Les Bordelais de Nastyjoe n’ont pas dit leur dernier mot et reviennent de plus belle avec un nouveau single très attendu intitulé Strange Place. Après un EP en 2022 très convaincant et des prestations live qui ont assuré cette certitude, ils entameront un nouveau chapitre début 2026 avec un nouveau disque qui prendra la forme d’un album prévu avec À Tant Rêver du Roi.

Strange Place, réalisé par Robin Rauner, membre du groupe, fait état d’un pont qui se dresse entre le présent et le futur. Cet état d’âme est celui qui s’installe entre la vie et la mort, entre la souffrance et la joie, entre le fantasme et la réalité, entre la toxicité et la pureté, brouillant toutes les convictions, manipulant nos émotions, nous ôtant toute clairvoyance. Le discernement occulté, comme les effets de l’amour l’occultent.
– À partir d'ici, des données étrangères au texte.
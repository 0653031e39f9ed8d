//! Reports out of their texts.
ghost use Rattle.std.specs.Prelude.{◌≡◌, not, codes, option_map, IfOk};
ghost use Rattle.std.specs.List.{list_all};
ghost use Rattle.serde_json.specs.View.{items_view, view};
ghost use Rattle.json_documents.specs.LinesOfText.{Answers, ReadsDocument, cut_at, read_one_line};
ghost use Rattle.agent_docs.specs.ReportText.{was_noop, IsReportText};
ghost use Rattle.agent_docs.specs.ReportReading.{unclosed, reference_said, status_said, texts_said, text_at as text_under, item_said, changes_said, line_said, lines_said, report_said, says_first, text_in, is_written, report_written, report_in};

use crate::report_texts::{first_line, is_noop, report_line};
use agent_machine::{Report, ReportLine, ReportLines, Status};
use json_documents::{DocStop, cut_line, read_json};
use pp_values::{Kind, Memory, Reference, Text, Texts};
use serde_json::Value as Json;
use std::alloc::Global;

/// The report that this text is written for, in either version.
pub fn read_report(alloc: Global, text: &str) -> Result<Report, DocStop>
    ensures { ReadsDocument IsReportText text.now result }
{
    read_whole(alloc, text)
}

fn read_whole(alloc: Global, text: &str) -> Result<Report, DocStop>
    ensures { Answers result (read_one_line report_in text.now) }
{
    let Some((line, after)) = cut_line(text) else {
        return Err(DocStop::Bad(1));
    };
    let Some(report) = report_in(alloc, line)? else {
        return Err(DocStop::Bad(1));
    };
    if after.is_empty() {
        Ok(report)
    } else {
        Err(DocStop::Bad(2))
    }
}

/// The report whose line this is.
fn report_in(alloc: Global, line: &str) -> Result<Option<Report>, Memory>
    ensures { IfOk result (λ o. o ≡ report_in line.now) }
{
    match read_json(alloc, line)? {
        Some(json) => report_written(alloc, line, &json),
        None => Ok(None),
    }
}

/// The report that the JSON says, where this is its line.
fn report_written(alloc: Global, line: &str, json: &Json) -> Result<Option<Report>, Memory>
    ensures { IfOk result (λ o. o ≡ report_written line.now (view json.now)) }
{
    match report_said(alloc, json)? {
        Some(report) => {
            if is_written(alloc, says_first(json), line, &report)? {
                Ok(Some(report))
            } else {
                Ok(None)
            }
        }
        None => Ok(None),
    }
}

/// Whether this is the line of the report in that version.
fn is_written(alloc: Global, first: bool, line: &str, report: &Report) -> Result<bool, Memory>
    ensures { IfOk result (λ b. b ≡ is_written first line.now report.now) }
{
    if first && !is_first(report.lines.as_slice()) {
        return Ok(false);
    }
    Ok(text_in(alloc, first, report)?.is(line))
}

fn text_in(alloc: Global, first: bool, report: &Report) -> Result<Text, Memory>
    ensures { IfOk result (λ t. t ≡ text_in first report.now) }
{
    if first {
        first_line(alloc, report)
    } else {
        report_line(alloc, report)
    }
}

/// Whether no resource was only looked at.
fn is_first(lines: &[ReportLine]) -> bool
    ensures { result ≡ list_all (λ l. not (was_noop l)) lines.now }
{
    let mut left = lines;
    while let [line, after @ ..] = left {
        if is_noop(line.status) {
            return false;
        }
        left = after;
    }
    true
}

#[tactic(auto, unfolding(crate::specs::ReportReading::says_first))]
fn says_first(json: &Json) -> bool
    ensures { result ≡ says_first (view json.now) }
{
    match json.get("report").and_then(Json::as_u64) {
        Some(version) => version == 1,
        None => false,
    }
}

#[tactic(auto, unfolding(crate::specs::ReportReading::report_said))]
fn report_said(alloc: Global, json: &Json) -> Result<Option<Report>, Memory>
    ensures { IfOk result (λ o. o ≡ report_said (view json.now)) }
{
    let Some(node) = json.get("node").and_then(Json::as_str) else {
        return Ok(None);
    };
    let Some(items) = json.get("resources").and_then(Json::as_array) else {
        return Ok(None);
    };
    let Some(lines) = lines_said(alloc, items.as_slice())? else {
        return Ok(None);
    };
    let node = Text::from_str(alloc, node)?;
    Ok(Some(Report { node, lines }))
}

fn lines_said(alloc: Global, items: &[Json]) -> Result<Option<ReportLines>, Memory>
    ensures { IfOk result (λ o. o ≡ lines_said (items_view items.now)) }
{
    let mut lines = ReportLines::new(alloc);
    let mut left = items;
    while let [item, after @ ..] = left {
        match line_said(alloc, item)? {
            Some(line) => lines.push(line)?,
            None => return Ok(None),
        }
        left = after;
    }
    Ok(Some(lines))
}

#[tactic(auto, unfolding(crate::specs::ReportReading::line_said))]
fn line_said(alloc: Global, json: &Json) -> Result<Option<ReportLine>, Memory>
    ensures { IfOk result (λ o. o ≡ line_said (view json.now)) }
{
    let Some((item, (status, refreshed))) = item_said(alloc, json)? else {
        return Ok(None);
    };
    let Some(changes) = changes_said(alloc, json)? else {
        return Ok(None);
    };
    let fault = fault_said(alloc, json)?;
    Ok(Some(ReportLine {
        item,
        status,
        changes,
        refreshed,
        fault,
    }))
}

fn item_said(alloc: Global, json: &Json) -> Result<Option<(Reference, (Status, bool))>, Memory>
    ensures { IfOk result (λ o. o ≡ item_said (view json.now)) }
{
    let Some(reference) = json.get("ref").and_then(Json::as_str) else {
        return Ok(None);
    };
    let Some(status) = json.get("status").and_then(Json::as_str) else {
        return Ok(None);
    };
    let (Some(status), Some(refreshed)) = (
        status_said(status),
        json.get("refreshed").and_then(Json::as_bool),
    ) else {
        return Ok(None);
    };
    match reference_said(alloc, reference)? {
        Some(reference) => Ok(Some((reference, (status, refreshed)))),
        None => Ok(None),
    }
}

fn changes_said(alloc: Global, json: &Json) -> Result<Option<Texts>, Memory>
    ensures { IfOk result (λ o. o ≡ changes_said (view json.now)) }
{
    match json.get("changes").and_then(Json::as_array) {
        Some(items) => texts_said(alloc, items.as_slice()),
        None => Ok(None),
    }
}

fn texts_said(alloc: Global, items: &[Json]) -> Result<Option<Texts>, Memory>
    ensures { IfOk result (λ o. o ≡ texts_said (items_view items.now)) }
{
    let mut texts = Texts::new(alloc);
    let mut left = items;
    while let [item, after @ ..] = left {
        match item.as_str() {
            Some(text) => texts.push(Text::from_str(alloc, text)?)?,
            None => return Ok(None),
        }
        left = after;
    }
    Ok(Some(texts))
}

fn fault_said(alloc: Global, json: &Json) -> Result<Option<Text>, Memory>
    ensures { IfOk result (λ o. o ≡ text_under (codes "fault") (view json.now)) }
{
    match json.get("fault").and_then(Json::as_str) {
        Some(text) => Ok(Some(Text::from_str(alloc, text)?)),
        None => Ok(None),
    }
}

fn status_said(text: &str) -> Option<Status>
    ensures { result ≡ status_said text.now }
{
    if text == "unchanged" {
        Some(Status::Unchanged)
    } else if text == "changed" {
        Some(Status::Changed)
    } else if text == "failed" {
        Some(Status::Failed)
    } else if text == "skipped" {
        Some(Status::Skipped)
    } else if text == "noop" {
        Some(Status::Noop)
    } else {
        None
    }
}

/// The reference that is printed so.
fn reference_said(alloc: Global, text: &str) -> Result<Option<Reference>, Memory>
    ensures { IfOk result (λ o. o ≡ reference_said text.now) }
{
    let Some((kind, title)) = cut_title(text) else {
        return Ok(None);
    };
    let Some(title) = unclosed(title) else {
        return Ok(None);
    };
    let kind = Text::new(kind.to_ascii_lowercase(alloc)?);
    match Kind::from_text(kind) {
        Some(kind) => {
            let title = Text::from_str(alloc, title)?;
            Ok(Some(Reference { kind, title }))
        }
        None => Ok(None),
    }
}

fn cut_title(text: &str) -> Option<(&str, &str)>
    ensures { option_map (λ p. (p.0.now, p.1.now)) result ≡ cut_at 91 text.now }
{
    text.split_once('[')
}

fn unclosed(text: &str) -> Option<&str>
    ensures { option_map (λ t. t.now) result ≡ unclosed text.now }
{
    text.strip_suffix(']')
}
À coup de flashbacks et de flashforwards, le groupe nous trimballe dans une situation pleine de contrastes dont l’œil de Robin se joue.

D’ailleurs, c’est bien d’amour dont il est question. Un amour en berne, un amour toxique, un amour passé, qu’on recrée dans un présent mais qu’on distingue dans le rétro et qu’on s’imagine en boucle dans le futur. Cet amour se morcelle, consume et tamponne la mémoire. S’en détacher déclencherait presque l’instinct de survie. Puis, chaque lieu crée une réminiscence, chaque objet est gorgé de rires obsolètes et devient personnification. Ce sentiment si fort agit tel un poison qui coule et roule doucement dans nos veines, pour mieux s’imprégner, pour mieux forger le sang-froid plus tard. Mais, ce passé encore présent engendre un présent misérable et un futur vide, noir, à l’image d’une cave et tout ce qu’on peut lui associer de plus morbide et triste. Alors, on se recroqueville, on devient chétif.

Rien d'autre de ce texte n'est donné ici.